6. Bank and Credit Card Transaction History or Statements

Do you check your bank and credit card transaction history or statements? If you don’t, you may have already fallen victim to fraud without realising it. Many fraudsters repeatedly take small amounts out of their victims’ accounts to avoid detection. Unauthorised cab charges are a perfect example: when an unsuspecting passenger pays for their cab fare by credit card, the cab driver skims the credit card details. The same driver then later on applies small cab charges to the credit card for trips that have never been taken. By simply checking your transaction history, bank or credit card statements on regular basis, and make enquires about transactions that you do not recognise, you could detect unauthorised outbound payments and help put a stop to these fraudulent activities.
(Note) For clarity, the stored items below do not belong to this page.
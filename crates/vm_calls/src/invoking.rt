//! The four invoke forms (JVMS 6.5).
#![tactic(auto, unfolding(jvm_model::specs::RowsCalls::row_calls))]

ghost use Rattle.std.specs.Prelude.{◌≡◌, ◌≢◌, ◌<◌, IfOk, length};
ghost use Rattle.jvm_model.specs.{Classes.method_at, World.World, RowsCalls.argument_count};
ghost use Rattle.class_init.specs.Uses.{IsUsable, MakesUse};
ghost use Rattle.jvm_model.specs.declared.instr.Instr.TheVariants as form;
ghost use Rattle.vm_mem.specs.Refines.{IsReady, Makes, Refines};
ghost use Rattle.vm_calls.specs.Calls.{call_row, kind_row, object_row};

use crate::entering::{enter_choice, enter_method};
use crate::selections::Selections;
use class_init::{Use, begin_use};
use et_base::NoMemory;
use jvm_model::{Instr, Kind, NULL_POINTER_EXCEPTION, Next, Value};
use vm_frames::FrameStack;
use vm_mem::Memory;
use vm_tables::Tables;

/// Makes the step of an invoke form. A method with code gets its frame, which costs its greatest depth and its locals
/// besides the 1 of the step; a built-in method is still to run, over the operands as they are, and nothing is counted.
/// Both answer Enter. Where the step throws it counts nothing, and it answers Over where its cost is above the units left.
/// The only error is want of memory.
pub fn call<M: Memory>(
    stack: &mut FrameStack,
    memory: &mut M,
    tables: &Tables,
    selections: &mut Selections,
    form: &Instr,
    left: &mut u64,
) -> Result<Next, NoMemory>
    requires selections { selections.old ≡ tables.now }
    requires row { IsReady (call_row form.now) tables.now M.program M.world memory.old stack.old }
    ensures made { Makes (call_row form.now) M.program M.world M.follows
        memory.old memory.new stack.old left.old result stack.new left.new }
    ensures kept { selections.new ≡ selections.old }
{
    match form {
        Instr::InvokeStatic { method } => invoke_static(stack, memory, tables, *method, left),
        Instr::InvokeVirtual { method, .. } => {
            invoke_on_object(stack, memory, tables, selections, None, *method, left)
        }
        Instr::InvokeInterface { named, method } => {
            let interface = Some(*named);
            invoke_on_object(stack, memory, tables, selections, interface, *method, left)
        }
        Instr::InvokeSpecial { named, method } => invoke_special(
            stack, memory, tables, selections, *named, *method, left,
        ),
        _ => unreachable!(),
    }
}

/// Uses the class that declares a static method and enters the method.
#[inline(always)]
#[tactic(auto, using(crate::proofs::Entered::calls_touches, crate::proofs::Entered::calls_there), unfolding(jvm_model::specs::RowsCalls::row_calls))]
pub fn invoke_static<M: Memory>(
    stack: &mut FrameStack,
    memory: &mut M,
    tables: &Tables,
    method: u32,
    left: &mut u64,
) -> Result<Next, NoMemory>
    requires row { IsReady (call_row (form.InvokeStatic method))
        tables.now M.program M.world memory.old stack.old }
    ensures made { Makes (call_row (form.InvokeStatic method)) M.program M.world M.follows
        memory.old memory.new stack.old left.old result stack.new left.new }
{
    match begin_method_use(stack, memory, tables, method, left)? {
        Use::Ready => {
            let arguments = tables.arguments(method);
            enter_method(stack, tables, method, arguments, left)
        }
        Use::Begun => Ok(Next::Go),
        Use::Fault { class } => Ok(Next::Fault { class }),
        Use::Over => Ok(Next::Over),
    }
}

/// Begins the initialisation of the class of a method, where none was begun. A class without an initialisation state is told
/// by the method's own entry in the tables.
#[inline(always)]
#[tactic(auto, unfolding(jvm_model::specs::Rows::begin))]
fn begin_method_use<M: Memory>(
    stack: &mut FrameStack,
    memory: &mut M,
    tables: &Tables,
    method: u32,
    left: &mut u64,
) -> Result<Use, NoMemory>
    requires safe { IsUsable (method_at tables.now method).class
        tables.now M.program M.world memory.old stack.old }
    ensures made { MakesUse (method_at tables.now method).class M.program M.world M.follows
        memory.old memory.new stack.old left.old result stack.new left.new }
    ensures entries { IfOk result (λ u. u ≢ Use.Begun → stack.new ≡ stack.old) }
{
    if let Some(call_descriptor) = tables.call_descriptor(method) {
        if call_descriptor.is_trivial {
            return Ok(Use::Ready);
        }
    }
    begin_use(
        stack,
        memory,
        tables,
        tables.program().method_class(method),
        left,
    )
}

/// Enters the method that is selected on an instance of a kind.
#[inline(always)]
fn enter_selected(
    stack: &mut FrameStack,
    tables: &Tables,
    selections: &mut Selections,
    interface: Option<u32>,
    method: u32,
    kind: Kind,
    left: &mut u64,
) -> Result<Next, NoMemory>
    requires selections { selections.old ≡ tables.now }
    requires arguments { argument_count tables.now method < length stack.old.top.stack }
    requires few { argument_count tables.now method < 65535 }
    ensures meets { IfOk result (λ x. (w : World) → Refines (kind_row interface method kind)
        tables.now w stack.old left.old x stack.new w left.new) }
    ensures kept { selections.new ≡ selections.old }
{
    let choice = selections.dispatch(tables, interface, method, kind.class())?;
    enter_choice(stack, tables, choice, tables.arguments(method) + 1, left)
}

/// Calls the method that is selected by the class of the object below the arguments (`invokevirtual`, and `invokeinterface`
/// with the interface that it names): a private method is the one that is named; another is the first of its name and
/// descriptor upwards, or a default method. Null throws, and an object whose class doesn't implement the interface throws
/// IncompatibleClassChangeError, unless the method is private. It reads the object's head.
#[inline(always)]
#[tactic(auto, using(crate::proofs::Entered::selected_touches, crate::proofs::Entered::object_there))]
pub fn invoke_on_object<M: Memory>(
    stack: &mut FrameStack,
    memory: &mut M,
    tables: &Tables,
    selections: &mut Selections,
    interface: Option<u32>,
    method: u32,
    left: &mut u64,
) -> Result<Next, NoMemory>
    requires selections { selections.old ≡ tables.now }
    requires row { IsReady (object_row interface method)
        tables.now M.program M.world memory.old stack.old }
    ensures made { Makes (object_row interface method) M.program M.world M.follows
        memory.old memory.new stack.old left.old result stack.new left.new }
    ensures kept { selections.new ≡ selections.old }
{
    match stack.operand(tables.arguments(method)) {
        Value::Obj(object) => {
            let head = memory.head(object)?;
            enter_selected(
                stack, tables, selections, interface, method, head.kind, left,
            )
        }
        Value::Lit(literal) => {
            let kind = Kind::of_constant(literal);
            enter_selected(stack, tables, selections, interface, method, kind, left)
        }
        Value::Null => Ok(Next::Fault {
            class: NULL_POINTER_EXCEPTION,
        }),
        Value::Int(_) => unreachable!(),
        Value::Long(_) => unreachable!(),
    }
}

/// Calls a method without regard to the object's class: `<init>` is the one that is named; another is looked for from the
/// named class upwards, or from the direct superclass of the current class where the named one is an ancestor of it. Null
/// throws. It touches nothing.
#[inline(always)]
#[tactic(auto, using(crate::proofs::Entered::selected_touches, crate::proofs::Entered::reference_there), unfolding(jvm_model::specs::RowsCalls::row_calls))]
pub fn invoke_special<M: Memory>(
    stack: &mut FrameStack,
    memory: &mut M,
    tables: &Tables,
    selections: &mut Selections,
    named: Kind,
    method: u32,
    left: &mut u64,
) -> Result<Next, NoMemory>
    requires selections { selections.old ≡ tables.now }
    requires row { IsReady (call_row (form.InvokeSpecial named method))
        tables.now M.program M.world memory.old stack.old }
    ensures made { Makes (call_row (form.InvokeSpecial named method)) M.program M.world M.follows
        memory.old memory.new stack.old left.old result stack.new left.new }
    ensures kept { selections.new ≡ selections.old }
{
    let arguments = tables.arguments(method);
    match stack.operand(arguments) {
        Value::Obj(_) | Value::Lit(_) => {
            let current = tables.program().method_class(stack.number());
            let choice = selections.dispatch_special(tables, current, named, method)?;
            enter_choice(stack, tables, choice, arguments + 1, left)
        }
        Value::Null => Ok(Next::Fault {
            class: NULL_POINTER_EXCEPTION,
        }),
        Value::Int(_) => unreachable!(),
        Value::Long(_) => unreachable!(),
    }
}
7. Other Resources to Help Fight Fraud

Credit File

Your credit file can be used to detect fraud that may have been committed under your name. Most organisations conduct a credit check before any credit is granted to a customer. Your credit file records the details on the name of the organisation that accessed your credit file, the date of and a brief reason for such access. It is a good exercise to request a copy of your credit file on regular basis to ensure that any suspicious activities can be investigated into as soon as possible. You may be eligible for a free copy of the report (http://www.mycreditfile.com.au/home/free-credit-file.dot). Alternatively, you may wish to set up a paid alert service (http://www.mycreditfile.com.au/) in which case you will receive an alert every time your credit file is accessed.

SCAMwatch

SCAMwatch (http://www.scamwatch.gov.au) is operated by the Australian Competition and Consumer Commission (ACCC). It provides the general public with information on recognition and avoidance of various types of scams. The site also publishes scam alerts and real life stories of scam victims. It is a valuable consumer education tool on scams and fraud.

Your Bank

Banks may also provide useful tips and other information on fraud prevention and detection. For example, ANZ has a dedicated section on their website on security (http://www.anz.com.au/personal/ways-bank/security/). It has detailed information on various types of fraud threats and practical tips on how consumers can protect themselves. It may be worthwhile to visit your bank’s website or call their customer support team if you wish to learn more about what you can do to safeguard your assets and reduce your exposure to fraud.

Fraud evolves with the advance of technology and it would almost be impossible to completely erase it from existence. However, there are precautions we could take to reduce our exposure to fraud. This article has pointed out a number of simple steps towards such a goal. Thank you for taking the time to read this article and hope it has helped. In the upcoming Part 2 of the series, the topic of fraud will be examined in the context of a financial services organisation.

Note: This article is for general information purpose only. Products, services and organisations referred to in the article are for illustration purposes and do not represent endorsement of any kind by Xenia Compliance or the author. All thoughts and feedback are welcome. Please contact the author Xiaoshu Liu at x.liu@xeniacompliance.com.au. Thank you again for reading this article.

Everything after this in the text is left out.